Exercise instructions: After reading the listing below, copy it out exactly.
▽
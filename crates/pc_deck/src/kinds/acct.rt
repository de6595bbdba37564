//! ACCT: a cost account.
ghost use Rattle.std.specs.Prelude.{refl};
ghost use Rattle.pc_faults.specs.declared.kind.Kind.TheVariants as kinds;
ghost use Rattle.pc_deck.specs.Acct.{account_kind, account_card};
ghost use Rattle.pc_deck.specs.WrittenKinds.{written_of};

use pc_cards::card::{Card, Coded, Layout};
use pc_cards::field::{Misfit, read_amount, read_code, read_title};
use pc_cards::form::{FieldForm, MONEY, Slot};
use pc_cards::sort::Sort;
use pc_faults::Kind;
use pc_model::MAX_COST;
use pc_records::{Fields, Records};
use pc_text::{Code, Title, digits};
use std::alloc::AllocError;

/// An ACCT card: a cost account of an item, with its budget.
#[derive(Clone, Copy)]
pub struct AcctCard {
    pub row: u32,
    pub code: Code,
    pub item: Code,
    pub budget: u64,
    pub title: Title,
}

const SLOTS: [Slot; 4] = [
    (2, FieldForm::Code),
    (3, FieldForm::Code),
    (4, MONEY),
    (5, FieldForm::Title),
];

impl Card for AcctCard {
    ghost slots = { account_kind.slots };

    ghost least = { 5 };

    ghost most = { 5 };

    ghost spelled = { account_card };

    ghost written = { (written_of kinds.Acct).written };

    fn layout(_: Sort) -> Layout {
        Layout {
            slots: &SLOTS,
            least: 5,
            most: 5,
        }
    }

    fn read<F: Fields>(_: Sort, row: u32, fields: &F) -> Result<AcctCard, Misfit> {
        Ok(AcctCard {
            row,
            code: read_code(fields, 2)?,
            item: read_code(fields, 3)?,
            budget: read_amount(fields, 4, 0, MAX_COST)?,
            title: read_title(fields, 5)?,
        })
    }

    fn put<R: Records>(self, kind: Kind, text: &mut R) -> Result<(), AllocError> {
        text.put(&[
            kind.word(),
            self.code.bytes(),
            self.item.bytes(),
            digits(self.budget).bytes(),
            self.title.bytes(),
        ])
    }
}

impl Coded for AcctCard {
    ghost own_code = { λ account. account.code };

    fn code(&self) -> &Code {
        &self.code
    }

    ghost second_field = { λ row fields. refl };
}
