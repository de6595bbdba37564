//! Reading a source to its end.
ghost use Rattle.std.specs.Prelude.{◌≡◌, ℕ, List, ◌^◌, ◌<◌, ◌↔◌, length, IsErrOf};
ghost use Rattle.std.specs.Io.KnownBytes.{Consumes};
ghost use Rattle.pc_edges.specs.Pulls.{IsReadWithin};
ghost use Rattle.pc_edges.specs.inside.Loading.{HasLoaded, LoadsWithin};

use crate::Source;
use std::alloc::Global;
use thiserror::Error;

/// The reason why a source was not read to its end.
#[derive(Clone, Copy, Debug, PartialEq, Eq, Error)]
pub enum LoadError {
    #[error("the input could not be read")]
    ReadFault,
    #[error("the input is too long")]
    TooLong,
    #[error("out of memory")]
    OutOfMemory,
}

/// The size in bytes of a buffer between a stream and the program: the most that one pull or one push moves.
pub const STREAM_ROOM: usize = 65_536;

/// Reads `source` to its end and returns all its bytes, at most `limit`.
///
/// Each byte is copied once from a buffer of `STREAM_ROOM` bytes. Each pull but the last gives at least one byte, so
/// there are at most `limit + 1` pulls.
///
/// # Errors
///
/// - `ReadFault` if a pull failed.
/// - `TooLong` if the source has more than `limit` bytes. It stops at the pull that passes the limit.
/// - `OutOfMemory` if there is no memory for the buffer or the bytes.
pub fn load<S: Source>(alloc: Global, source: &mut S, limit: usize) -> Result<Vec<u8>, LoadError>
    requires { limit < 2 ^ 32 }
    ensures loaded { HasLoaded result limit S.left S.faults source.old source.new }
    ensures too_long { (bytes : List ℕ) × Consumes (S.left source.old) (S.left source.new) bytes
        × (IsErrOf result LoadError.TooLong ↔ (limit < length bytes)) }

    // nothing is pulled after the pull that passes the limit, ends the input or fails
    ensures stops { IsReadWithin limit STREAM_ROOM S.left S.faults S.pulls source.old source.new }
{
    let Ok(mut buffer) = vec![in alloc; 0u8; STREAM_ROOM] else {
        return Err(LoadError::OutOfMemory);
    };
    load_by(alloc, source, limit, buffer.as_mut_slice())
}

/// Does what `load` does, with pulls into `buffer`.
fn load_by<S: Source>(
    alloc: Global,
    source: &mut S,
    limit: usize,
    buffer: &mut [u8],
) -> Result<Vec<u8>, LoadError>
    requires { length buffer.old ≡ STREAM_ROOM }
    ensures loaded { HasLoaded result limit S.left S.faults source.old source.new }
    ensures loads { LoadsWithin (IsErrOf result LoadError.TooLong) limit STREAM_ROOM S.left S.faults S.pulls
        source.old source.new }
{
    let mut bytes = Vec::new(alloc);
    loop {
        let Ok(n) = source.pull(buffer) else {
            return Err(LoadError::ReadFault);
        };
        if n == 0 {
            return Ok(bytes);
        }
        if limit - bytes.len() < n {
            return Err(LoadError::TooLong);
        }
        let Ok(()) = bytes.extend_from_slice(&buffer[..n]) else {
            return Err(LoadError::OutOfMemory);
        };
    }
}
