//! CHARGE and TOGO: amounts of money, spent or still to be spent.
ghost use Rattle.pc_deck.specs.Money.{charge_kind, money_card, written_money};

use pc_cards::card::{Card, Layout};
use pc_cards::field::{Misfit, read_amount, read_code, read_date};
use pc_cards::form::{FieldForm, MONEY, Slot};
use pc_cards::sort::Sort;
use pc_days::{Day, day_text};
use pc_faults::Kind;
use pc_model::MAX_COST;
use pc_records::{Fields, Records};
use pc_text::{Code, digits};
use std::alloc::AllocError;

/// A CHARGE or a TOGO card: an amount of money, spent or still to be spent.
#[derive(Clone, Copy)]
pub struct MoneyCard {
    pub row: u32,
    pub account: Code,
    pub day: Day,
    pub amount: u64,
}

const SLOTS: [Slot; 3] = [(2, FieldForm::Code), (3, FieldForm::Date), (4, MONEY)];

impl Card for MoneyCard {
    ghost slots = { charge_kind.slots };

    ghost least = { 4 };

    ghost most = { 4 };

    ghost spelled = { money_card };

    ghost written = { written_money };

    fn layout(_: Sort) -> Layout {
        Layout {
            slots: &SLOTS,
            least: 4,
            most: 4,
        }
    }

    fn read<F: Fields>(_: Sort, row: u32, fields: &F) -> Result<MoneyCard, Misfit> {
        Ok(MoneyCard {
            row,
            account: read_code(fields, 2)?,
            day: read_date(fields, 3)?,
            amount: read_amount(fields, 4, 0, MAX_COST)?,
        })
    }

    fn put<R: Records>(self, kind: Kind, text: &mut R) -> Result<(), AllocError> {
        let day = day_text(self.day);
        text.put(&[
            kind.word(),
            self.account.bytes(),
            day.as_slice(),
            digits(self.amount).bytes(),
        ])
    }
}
△
Reply to the exercise:
filename crates/pc_deck/src/kinds/acct.rt
repository de6595bbdba37564
//! ACCT: a cost account.
ghost use Rattle.std.specs.Prelude.{refl};
ghost use Rattle.pc_faults.specs.declared.kind.Kind.TheVariants as kinds;
ghost use Rattle.pc_deck.specs.Acct.{account_kind, account_card};
ghost use Rattle.pc_deck.specs.WrittenKinds.{written_of};

use pc_cards::card::{Card, Coded, Layout};
use pc_cards::field::{Misfit, read_amount, read_code, read_title};
use pc_cards::form::{FieldForm, MONEY, Slot};
use pc_cards::sort::Sort;
use pc_faults::Kind;
use pc_model::MAX_COST;
use pc_records::{Fields, Records};
use pc_text::{Code, Title, digits};
use std::alloc::AllocError;

/// An ACCT card: a cost account of an item, with its budget.
#[derive(Clone, Copy)]
pub struct AcctCard {
    pub row: u32,
    pub code: Code,
    pub item: Code,
    pub budget: u64,
    pub title: Title,
}

const SLOTS: [Slot; 4] = [
    (2, FieldForm::Code),
    (3, FieldForm::Code),
    (4, MONEY),
    (5, FieldForm::Title),
];

impl Card for AcctCard {
    ghost slots = { account_kind.slots };

    ghost least = { 5 };

    ghost most = { 5 };

    ghost spelled = { account_card };

    ghost written = { (written_of kinds.Acct).written };

    fn layout(_: Sort) -> Layout {
        Layout {
            slots: &SLOTS,
            least: 5,
            most: 5,
        }
    }

    fn read<F: Fields>(_: Sort, row: u32, fields: &F) -> Result<AcctCard, Misfit> {
        Ok(AcctCard {
            row,
            code: read_code(fields, 2)?,
            item: read_code(fields, 3)?,
            budget: read_amount(fields, 4, 0, MAX_COST)?,
            title: read_title(fields, 5)?,
        })
    }

    fn put<R: Records>(self, kind: Kind, text: &mut R) -> Result<(), AllocError> {
        text.put(&[
            kind.word(),
            self.code.bytes(),
            self.item.bytes(),
            digits(self.budget).bytes(),
            self.title.bytes(),
        ])
    }
}

impl Coded for AcctCard {
    ghost own_code = { λ account. account.code };

    fn code(&self) -> &Code {
        &self.code
    }

    ghost second_field = { λ row fields. refl };
}
repository de6595bbdba37564
//! Reading a source to its end.
ghost use Rattle.std.specs.Prelude.{◌≡◌, ℕ, List, ◌^◌, ◌<◌, ◌↔◌, length, IsErrOf};
ghost use Rattle.std.specs.Io.KnownBytes.{Consumes};
ghost use Rattle.pc_edges.specs.Pulls.{IsReadWithin};
ghost use Rattle.pc_edges.specs.inside.Loading.{HasLoaded, LoadsWithin};

use crate::Source;
use std::alloc::Global;
use thiserror::Error;

/// The reason why a source was not read to its end.
#[derive(Clone, Copy, Debug, PartialEq, Eq, Error)]
pub enum LoadError {
    #[error("the input could not be read")]
    ReadFault,
    #[error("the input is too long")]
    TooLong,
    #[error("out of memory")]
    OutOfMemory,
}

/// The size in bytes of a buffer between a stream and the program: the most that one pull or one push moves.
pub const STREAM_ROOM: usize = 65_536;

/// Reads `source` to its end and returns all its bytes, at most `limit`.
///
/// Each byte is copied once from a buffer of `STREAM_ROOM` bytes. Each pull but the last gives at least one byte, so
/// there are at most `limit + 1` pulls.
///
/// # Errors
///
/// - `ReadFault` if a pull failed.
/// - `TooLong` if the source has more than `limit` bytes. It stops at the pull that passes the limit.
/// - `OutOfMemory` if there is no memory for the buffer or the bytes.
pub fn load<S: Source>(alloc: Global, source: &mut S, limit: usize) -> Result<Vec<u8>, LoadError>
    requires { limit < 2 ^ 32 }
    ensures loaded { HasLoaded result limit S.left S.faults source.old source.new }
    ensures too_long { (bytes : List ℕ) × Consumes (S.left source.old) (S.left source.new) bytes
        × (IsErrOf result LoadError.TooLong ↔ (limit < length bytes)) }

    // nothing is pulled after the pull that passes the limit, ends the input or fails
    ensures stops { IsReadWithin limit STREAM_ROOM S.left S.faults S.pulls source.old source.new }
{
    let Ok(mut buffer) = vec![in alloc; 0u8; STREAM_ROOM] else {
        return Err(LoadError::OutOfMemory);
    };
    load_by(alloc, source, limit, buffer.as_mut_slice())
}

/// Does what `load` does, with pulls into `buffer`.
fn load_by<S: Source>(
    alloc: Global,
    source: &mut S,
    limit: usize,
    buffer: &mut [u8],
) -> Result<Vec<u8>, LoadError>
    requires { length buffer.old ≡ STREAM_ROOM }
    ensures loaded { HasLoaded result limit S.left S.faults source.old source.new }
    ensures loads { LoadsWithin (IsErrOf result LoadError.TooLong) limit STREAM_ROOM S.left S.faults S.pulls
        source.old source.new }
{
    let mut bytes = Vec::new(alloc);
    loop {
        let Ok(n) = source.pull(buffer) else {
            return Err(LoadError::ReadFault);
        };
        if n == 0 {
            return Ok(bytes);
        }
        if limit - bytes.len() < n {
            return Err(LoadError::TooLong);
        }
        let Ok(()) = bytes.extend_from_slice(&buffer[..n]) else {
            return Err(LoadError::OutOfMemory);
        };
    }
}
//! CHARGE and TOGO: amounts of money, spent or still to be spent.
ghost use Rattle.pc_deck.specs.Money.{charge_kind, money_card, written_money};

use pc_cards::card::{Card, Layout};
use pc_cards::field::{Misfit, read_amount, read_code, read_date};
use pc_cards::form::{FieldForm, MONEY, Slot};
use pc_cards::sort::Sort;
use pc_days::{Day, day_text};
use pc_faults::Kind;
use pc_model::MAX_COST;
use pc_records::{Fields, Records};
use pc_text::{Code, digits};
use std::alloc::AllocError;

/// A CHARGE or a TOGO card: an amount of money, spent or still to be spent.
#[derive(Clone, Copy)]
pub struct MoneyCard {
    pub row: u32,
    pub account: Code,
    pub day: Day,
    pub amount: u64,
}

const SLOTS: [Slot; 3] = [(2, FieldForm::Code), (3, FieldForm::Date), (4, MONEY)];

impl Card for MoneyCard {
    ghost slots = { charge_kind.slots };

    ghost least = { 4 };

    ghost most = { 4 };

    ghost spelled = { money_card };

    ghost written = { written_money };

    fn layout(_: Sort) -> Layout {
        Layout {
            slots: &SLOTS,
            least: 4,
            most: 4,
        }
    }

    fn read<F: Fields>(_: Sort, row: u32, fields: &F) -> Result<MoneyCard, Misfit> {
        Ok(MoneyCard {
            row,
            account: read_code(fields, 2)?,
            day: read_date(fields, 3)?,
            amount: read_amount(fields, 4, 0, MAX_COST)?,
        })
    }

    fn put<R: Records>(self, kind: Kind, text: &mut R) -> Result<(), AllocError> {
        let day = day_text(self.day);
        text.put(&[
            kind.word(),
            self.account.bytes(),
            day.as_slice(),
            digits(self.amount).bytes(),
        ])
    }
}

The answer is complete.